Tim selbst, der im Prozess von 2 Anwälten aus Berlin vertreten wurde, verweigerte die Aussage. Ein Gutachten eines Anthropologen sollte klären, ob die eine Person mit dem Megafon und mit der Mütze wirklich Tim ist. Die vergleichbaren Merkmale stimmten überein, was dann bedeutete, dass beide Personen zu 95 %iger Wahrscheinlichkeit identisch sind. Die Verteidigung legte in ihrem Plädoyer dar, dass schon die Staatsanwaltschaft von der Polizei entmachtet wurde, indem die Polizei Videomaterial manipulierte und nannte das Verfahren "hart an der Grenze zur Rechtsstaatlichkeit." Außerdem erklärte die Verteidigung nocheinmal, dass es Sinn macht, wie es im aktuellen Gesetz steht, dass Demonstrationsteilnehmer nicht für Straftaten anderer Demonstrationsteilnehmer bestraft werden können, auch nicht bei Landfriedensbruch, eben weil sonst die Teilnahme an einer Demonstration zum Haftungsrisiko für jeden einzelnen Teilnehmer werden könnte und damit das Demonstrationsrecht nicht mehr sinnvoll wahrgenommen werden könnte. Doch gerade in Sachsen scheint dieses Prinzip nicht nur bei Behörden, sondern auch in weiten Bevölkerungskreisen unbekannt zu sein. Das Urteil, das der Richter am 6. Dezember nach 7 Stunden sprach, lautete: Geldstrafe von 90 Tagessätzen wegen Beleidigung plus die Hälfte der Verfahrenskosten für Tim.
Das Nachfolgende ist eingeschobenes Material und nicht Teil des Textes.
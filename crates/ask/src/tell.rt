//! Answers in words and decimal numbers.
use extract::{Extracted, Judged, RefusedRecord};
use fields::{Counted, RecordNumber, Refusal};
use filename::{Found, Namespace};
use items::{Item, Key, Rest, State, Walked};
use list::{Entry, Listed};
use merge::{Merged, Unmerged};
use parts::Part;
use record::{Attribute, FullHeader, RecordHeader, Span, Value, View};
use references::{References, Rising};
use runs::{Decoded, Run};
use segments::{Hazard, Reference};
use std::io;
use std::io::Write;
use table::TableHeader;

/// What can be told on a line, or on a part of one.
// A trait and no Display: the types are other crates', and a refusal's Display is a sentence for people.
pub trait Tell {
    fn tell<W: Write>(&self, out: &mut W) -> io::Result<()>;
}

/// A word alone.
#[derive(Clone, Copy)]
pub struct Word<'a>(pub &'a str);

/// A word with a number.
#[derive(Clone, Copy)]
pub struct Numbered<'a>(pub &'a str, pub u64);

/// A word with some bytes: how many there are, and these as they are.
#[derive(Clone, Copy)]
pub struct Bytes<'a>(pub &'a str, pub &'a [u8]);

/// The bytes that a call hands out. Where it refuses there are none: its refusal is another question's answer.
pub fn view<'a>(given: Result<&'a [u8], Refusal>) -> Bytes<'a> {
    Bytes("view", given.unwrap_or(&[]))
}

/// An answer as a line.
pub fn line<W: Write, T: Tell>(out: &mut W, answer: &T) -> io::Result<()> {
    answer.tell(out)?;
    out.write_all(b"\n")
}

impl<'a> Tell for Word<'a> {
    fn tell<W: Write>(&self, out: &mut W) -> io::Result<()> {
        out.write_all(self.0.as_bytes())
    }
}

impl<'a> Tell for Numbered<'a> {
    fn tell<W: Write>(&self, out: &mut W) -> io::Result<()> {
        write!(out, "{} {}", self.0, self.1)
    }
}

impl<'a> Tell for Bytes<'a> {
    fn tell<W: Write>(&self, out: &mut W) -> io::Result<()> {
        write!(out, "{} {} ", self.0, self.1.len())?;
        out.write_all(self.1)
    }
}

impl Tell for Refusal {
    fn tell<W: Write>(&self, out: &mut W) -> io::Result<()> {
        let number = self.cause.number();
        write!(out, "refused {} {} {}", number, self.file.0, self.place)
    }
}

impl<T: Tell> Tell for Result<T, Refusal> {
    fn tell<W: Write>(&self, out: &mut W) -> io::Result<()> {
        match self {
            Ok(x) => x.tell(out),
            Err(r) => r.tell(out),
        }
    }
}

impl<T: Tell> Tell for Option<T> {
    fn tell<W: Write>(&self, out: &mut W) -> io::Result<()> {
        match self {
            Some(x) => x.tell(out),
            None => out.write_all(b"end"),
        }
    }
}

impl Tell for RecordHeader {
    fn tell<W: Write>(&self, out: &mut W) -> io::Result<()> {
        write!(out, "header {} {}", self.sequence, self.links)?;
        write!(out, " {} {}", self.first_attribute, self.flags)?;
        write!(out, " {} {}", self.used, self.allocated)
    }
}

impl Tell for Attribute {
    fn tell<W: Write>(&self, out: &mut W) -> io::Result<()> {
        let resident = u8::from(self.resident);
        write!(out, "attribute {} {}", self.offset, self.ty)?;
        write!(out, " {} {resident}", self.length)?;
        write!(out, " {} {}", self.name_units, self.name_offset)?;
        write!(out, " {} {}", self.flags, self.instance)
    }
}

impl Tell for Span {
    fn tell<W: Write>(&self, out: &mut W) -> io::Result<()> {
        write!(out, "span {} {}", self.from, self.bytes)
    }
}

impl<'a> Tell for View<'a> {
    fn tell<W: Write>(&self, out: &mut W) -> io::Result<()> {
        write!(out, "span {} {}", self.from, self.bytes.len())
    }
}

impl Tell for FullHeader {
    fn tell<W: Write>(&self, out: &mut W) -> io::Result<()> {
        match self {
            FullHeader::Resident(f) => {
                write!(out, "resident {} {}", f.value_length, f.value_offset)
            }
            FullHeader::NonResident(f) => {
                write!(out, "nonresident {} {}", f.lowest.0, f.highest.0)?;
                write!(out, " {} {}", f.runs_offset, f.allocated)?;
                write!(out, " {} {}", f.size, f.initialized)
            }
        }
    }
}

impl<'a> Tell for Value<'a> {
    fn tell<W: Write>(&self, out: &mut W) -> io::Result<()> {
        match self {
            Value::Resident(v) => { write!(out, "value resident {} {}", v.from, v.bytes.len()) }
            Value::Runs(v, size) => {
                write!(out, "value runs {} {} {size}", v.from, v.bytes.len())
            }
        }
    }
}

impl Tell for Run {
    fn tell<W: Write>(&self, out: &mut W) -> io::Result<()> {
        match self {
            Run::Clusters { start, length } => write!(out, "run {} {length}", start.0),
            Run::Hole { length } => write!(out, "hole {length}"),
        }
    }
}

impl Tell for Decoded {
    fn tell<W: Write>(&self, out: &mut W) -> io::Result<()> {
        self.answer.tell(out)?;
        write!(out, " last {} sum {}", self.carried.last, self.carried.sum)?;
        write!(out, " taken {}", self.taken)
    }
}

// A number of 2^64 or above has no decimals here.
impl Tell for RefusedRecord {
    fn tell<W: Write>(&self, out: &mut W) -> io::Result<()> {
        write!(out, "{} {} ", self.cause.number(), self.position)?;
        match self.number {
            Some(number) => write!(out, "{}", number.0),
            None => out.write_all(b"above"),
        }
    }
}

impl Tell for Extracted {
    fn tell<W: Write>(&self, out: &mut W) -> io::Result<()> {
        write!(out, "extracted {} {}", self.length, self.written)?;
        write!(out, " {} {} first ", self.left_out, self.refused)?;
        match &self.first_refused {
            Some(first) => first.tell(out),
            None => out.write_all(b"none"),
        }
    }
}

impl Tell for Merged {
    fn tell<W: Write>(&self, out: &mut W) -> io::Result<()> {
        write!(out, "merged {} {}", self.length, self.written)
    }
}

// Whose fault a refusal is, or the number of a clash, in front of it.
impl Tell for Unmerged {
    fn tell<W: Write>(&self, out: &mut W) -> io::Result<()> {
        match self {
            Unmerged::First(_) => out.write_all(b"first ")?,
            Unmerged::Second(_) => out.write_all(b"second ")?,
            Unmerged::Clash(number, _) => write!(out, "clash {} ", number.0)?,
            Unmerged::Both(_) => out.write_all(b"both ")?,
        }
        self.refusal().tell(out)
    }
}

impl Tell for Judged {
    fn tell<W: Write>(&self, out: &mut W) -> io::Result<()> {
        match self {
            Judged::LeftOut => out.write_all(b"left"),
            Judged::Refused(cause) => write!(out, "{}", cause.number()),
            Judged::Sound => out.write_all(b"sound"),
        }
    }
}

fn numbers<W: Write>(out: &mut W, word: &str, numbers: &[RecordNumber]) -> io::Result<()> {
    out.write_all(word.as_bytes())?;
    for number in numbers {
        write!(out, " {}", number.0)?;
    }
    Ok(())
}

impl Tell for References {
    fn tell<W: Write>(&self, out: &mut W) -> io::Result<()> {
        numbers(out, "references", &self.numbers[..self.count])?;
        out.write_all(b" ")?;
        match &self.answer {
            Ok(()) => out.write_all(b"end"),
            Err(r) => r.tell(out),
        }
    }
}

impl Tell for Rising {
    fn tell<W: Write>(&self, out: &mut W) -> io::Result<()> {
        numbers(out, "rising", &self.numbers[..self.count])
    }
}

impl Tell for Reference {
    fn tell<W: Write>(&self, out: &mut W) -> io::Result<()> {
        write!(out, "reference {} {}", self.file.0, self.sequence)
    }
}

impl Tell for Hazard {
    fn tell<W: Write>(&self, out: &mut W) -> io::Result<()> {
        match self {
            Hazard::Sequence {
                place,
                file,
                named,
                has,
            } => {
                write!(out, "sequence {place} {}", file.0)?;
                write!(out, " {named} {has}")
            }
            Hazard::NotInUse(file) => write!(out, "unused {}", file.0),
            Hazard::OtherBase { file, base } => {
                write!(out, "other {}", file.0)?;
                write!(out, " {} {}", base.file.0, base.sequence)
            }
        }
    }
}

impl Tell for Namespace {
    fn tell<W: Write>(&self, out: &mut W) -> io::Result<()> {
        match self {
            Namespace::Posix => out.write_all(b"posix"),
            Namespace::Win32 => out.write_all(b"win32"),
            Namespace::Dos => out.write_all(b"dos"),
            Namespace::Win32AndDos => out.write_all(b"both"),
            Namespace::Other(number) => write!(out, "other {number}"),
        }
    }
}

impl Tell for Found {
    fn tell<W: Write>(&self, out: &mut W) -> io::Result<()> {
        match self {
            Found::Yes => out.write_all(b"found yes"),
            Found::No => out.write_all(b"found no"),
            Found::Unknown(refusal) => {
                out.write_all(b"found unknown ")?;
                refusal.tell(out)
            }
        }
    }
}

impl Tell for Entry {
    fn tell<W: Write>(&self, out: &mut W) -> io::Result<()> {
        write!(out, "entry {} {}", self.ty, self.length)?;
        write!(out, " {} {}", self.name_units, self.name_offset)?;
        write!(out, " {} {} {}", self.lowest.0, self.file.0, self.instance)
    }
}

// All 510 bytes of the name are told whatever the answer, since they must be zeros where there is none.
impl Tell for Listed {
    fn tell<W: Write>(&self, out: &mut W) -> io::Result<()> {
        self.answer.tell(out)?;
        out.write_all(b" ")?;
        Bytes("name", &self.name).tell(out)
    }
}

impl Tell for TableHeader {
    fn tell<W: Write>(&self, out: &mut W) -> io::Result<()> {
        write!(out, "table {} {}", self.count, self.size)?;
        write!(out, " {} {} {}", self.directory, self.records, self.base)
    }
}

// A list that is not there is told as three zeros.
impl Tell for Rest {
    fn tell<W: Write>(&self, out: &mut W) -> io::Result<()> {
        write!(out, "1 {} {}", self.from, self.to)
    }
}

fn list<W: Write>(out: &mut W, list: Option<Rest>) -> io::Result<()> {
    match list {
        Some(l) => l.tell(out),
        None => out.write_all(b"0 0 0"),
    }
}

impl Tell for Item {
    fn tell<W: Write>(&self, out: &mut W) -> io::Result<()> {
        let h = self.attribute;
        let resident = u8::from(h.resident);
        write!(out, "item {} {} {}", self.file.0, h.offset, h.ty)?;
        write!(out, " {} {resident} {} rest ", h.length, h.instance)?;
        list(out, self.rest)
    }
}

impl Tell for Part {
    fn tell<W: Write>(&self, out: &mut W) -> io::Result<()> {
        write!(
            out,
            " part {} {} {}",
            self.file.0, self.offset, self.lowest.0
        )?;
        write!(out, " {} {}", self.runs.from, self.runs.bytes)?;
        write!(out, " {} {}", self.size, self.listed.0)
    }
}

// All 510 bytes of the name are told, in hex, up to the last that is not 0; a dash where there is none.
impl Tell for Key {
    fn tell<W: Write>(&self, out: &mut W) -> io::Result<()> {
        write!(out, "1 {} {} ", self.ty, self.units)?;
        let Some(last) = self.name.iter().rposition(|b| *b != 0) else {
            return out.write_all(b"-");
        };
        for b in &self.name[..=last] {
            write!(out, "{b:02x}")?;
        }
        Ok(())
    }
}

// A key that is not there is told as three zeros and a dash.
impl Tell for State {
    fn tell<W: Write>(&self, out: &mut W) -> io::Result<()> {
        write!(out, "left {} ", self.raw)?;
        list(out, self.list)?;
        out.write_all(b" ")?;
        match &self.key {
            Some(k) => k.tell(out),
            None => out.write_all(b"0 0 0 -"),
        }
    }
}

impl Tell for Walked {
    fn tell<W: Write>(&self, out: &mut W) -> io::Result<()> {
        self.answer.tell(out)?;
        out.write_all(b" ")?;
        self.left.tell(out)?;
        write!(out, " reads {}", self.reads)
    }
}

impl<T: Tell> Tell for Counted<T> {
    fn tell<W: Write>(&self, out: &mut W) -> io::Result<()> {
        self.answer.tell(out)?;
        write!(out, " reads {}", self.reads)
    }
}
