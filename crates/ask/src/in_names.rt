//! What is asked of the names of a file.
use crate::in_table::open;
use crate::question::Question;
use crate::tell::{Bytes, Tell, Word, line};
use items::File;
use list::MOST_NAME;
use std::io;
use std::io::Write;

/// The names of the file, one on each line, then the first, and whether the one that is sought is there.
pub fn of<W: Write>(out: &mut W, q: &Question<'_>) -> io::Result<()> {
    let file = match open(q) {
        Ok(file) => file,
        Err(r) => return line(out, &r),
    };
    put_names(out, &file)?;
    line(out, &filename::find_name(&file, sought(q)))
}

// The name that is sought: so many bytes of a key's, none where there is no key.
fn sought<'a>(q: &'a Question<'_>) -> &'a [u8] {
    match &q.key {
        Some(key) => &key.name[..usize::from(q.most).min(MOST_NAME)],
        None => &[],
    }
}

fn put_names<W: Write>(out: &mut W, file: &File<'_>) -> io::Result<()> {
    for name in filename::names_of(file) {
        line(out, &Bytes("name", name))?;
    }
    match filename::first_name(file) {
        Some(name) => line(out, &Bytes("first name", name)),
        None => line(out, &Word("first none")),
    }
}

/// The name in a value, which is the record.
pub fn value<W: Write>(out: &mut W, q: &Question<'_>) -> io::Result<()> {
    let Some(name) = filename::name_of(q.record) else {
        return line(out, &Word("none"));
    };
    name.namespace.tell(out)?;
    write!(out, " long {} ", u8::from(name.namespace.is_long()))?;
    line(out, &Bytes("name", name.bytes))
}
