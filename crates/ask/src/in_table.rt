//! What is asked of list entries and tables.
use crate::question::Question;
use crate::tell::Word;
use fields::Refusal;
use fields::bytes::u32_at;
use items::File;
use list::{Entry, Listed};
use std::io;
use std::io::Write;
use table::{Table, TableHeader};

pub fn entry(q: &Question<'_>) -> Result<Option<Entry>, Refusal> {
    list::header(q.record, q.number, q.place)
}

pub fn listed(q: &Question<'_>) -> Listed {
    list::step(q.record, q.number, q.place)
}

/// The base row of a table's numbers whatever they are, since the call doesn't ask that they passed the check.
/// Fewer than 20 bytes have no answer. The five are read here once more: `Table::check` hands out no header
/// that fails its check.
pub fn base_row<W: Write>(out: &mut W, t: &[u8]) -> io::Result<()> {
    if t.len() < 20 {
        return Ok(());
    }
    let header = TableHeader {
        count: u32_at(t, 0),
        size: u32_at(t, 4),
        directory: u32_at(t, 8),
        records: u32_at(t, 12),
        base: u32_at(t, 16),
    };
    match header.base_row() {
        Some(i) => writeln!(out, "row {i}"),
        None => out.write_all(b"none\n"),
    }
}

pub fn check(q: &Question<'_>) -> Result<TableHeader, Refusal> {
    Ok(Table::check(q.table)?.header)
}

/// A record and a table, as every call on a file takes them.
pub fn open<'a>(q: &Question<'a>) -> Result<File<'a>, Refusal> {
    File::of_bytes(q.table, q.record, q.number)
}

pub fn opening(q: &Question<'_>) -> Result<TableHeader, Refusal> {
    Ok(open(q)?.table.header)
}

pub fn lookup<'a>(q: &Question<'_>) -> Result<Word<'a>, Refusal> {
    open(q)?.lookup(q.wanted, q.place)?;
    Ok(Word("found"))
}

pub fn record_bytes<'a>(q: &Question<'a>) -> Result<&'a [u8], Refusal> {
    Ok(open(q)?.lookup(q.wanted, q.place)?.bytes)
}
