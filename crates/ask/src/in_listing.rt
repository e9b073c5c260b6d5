//! What is asked of the listing of a table, into a buffer of a stated size.
use crate::question::Question;
use crate::tell::{Bytes, line};
use std::io;
use std::io::{Cursor, Write};

/// How many bytes a buffer has at most.
const MOST_TEXT: usize = 32_768;

/// What stands in each byte of a buffer before the call: no byte of a listing.
const BLANK: u8 = 0xA5;

// The text in front of a buffer, and where the first byte behind it stands that is changed: behind the last where
// none is. What stands behind the lent part of the buffer counts too.
fn put_text<W: Write>(out: &mut W, buffer: &[u8], end: usize) -> io::Result<()> {
    let (text, behind) = buffer.split_at(end.min(buffer.len()));
    let unchanged = match behind.iter().position(|byte| *byte != BLANK) {
        Some(i) => text.len() + i,
        None => buffer.len(),
    };
    write!(out, "unchanged {unchanged} ")?;
    line(out, &Bytes("view", text))
}

/// The listing in a lent buffer: how many bytes of it are filled, and whether there is more.
pub fn page<W: Write>(out: &mut W, q: &Question<'_>) -> io::Result<()> {
    let mut buffer = [BLANK; MOST_TEXT];
    let room = q.buffer.min(MOST_TEXT);
    let listed = lines::list(q.table, &mut buffer[..room]);
    write!(out, "page {} {} ", listed.end, u8::from(listed.more))?;
    put_text(out, &buffer, listed.end)
}

/// The listing to a writer that fails once it has taken so many bytes: whether all was written, and what was.
pub fn written<W: Write>(out: &mut W, q: &Question<'_>) -> io::Result<()> {
    let mut buffer = [BLANK; MOST_TEXT];
    let room = q.buffer.min(MOST_TEXT);
    let mut taker = Cursor::new(&mut buffer[..room]);
    let all = lines::write_listing(q.table, &mut taker).is_ok();
    let end = taker.position() as usize;
    write!(out, "written {} {} ", end, u8::from(all))?;
    put_text(out, &buffer, end)
}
Nicht ganz unwichtig und noch zu erwähnen wäre, dass Tim bei der Linkspartei angestellt ist. Schließlich wurden viele Prozesse im Zusammenhang mit Anti-Naziprotesten zum 13. Februar gegen Mitglieder der Linkspartei oder ihr nahe stehenden Personen geführt. Die Tochter von Lothar König, dessen Verfahren am 10. November gegen Zahlung einer Geldstrafe eingestellt wurde, ist Landtagsabgeordnete für die Linke in Thüringen. Die Dresdner Staatsanwaltschaft führt derzeit ein Verfahren gegen Thüringens linken Ministerpräsident Bodo Ramelow und der sächsische Landtagsabgeordnete Falk Neubert wurde am 28. Mai 2014 zu 1.500 Euro Strafe wegen "grober Störung eines genehmigten Aufzuges" verurteilt.

Kommentare
12.01.2015 / 07:21 hikE, Radio Unerhört Marburg (RUM)
in Frühschicht 12.1.2015
gesendet. Danke!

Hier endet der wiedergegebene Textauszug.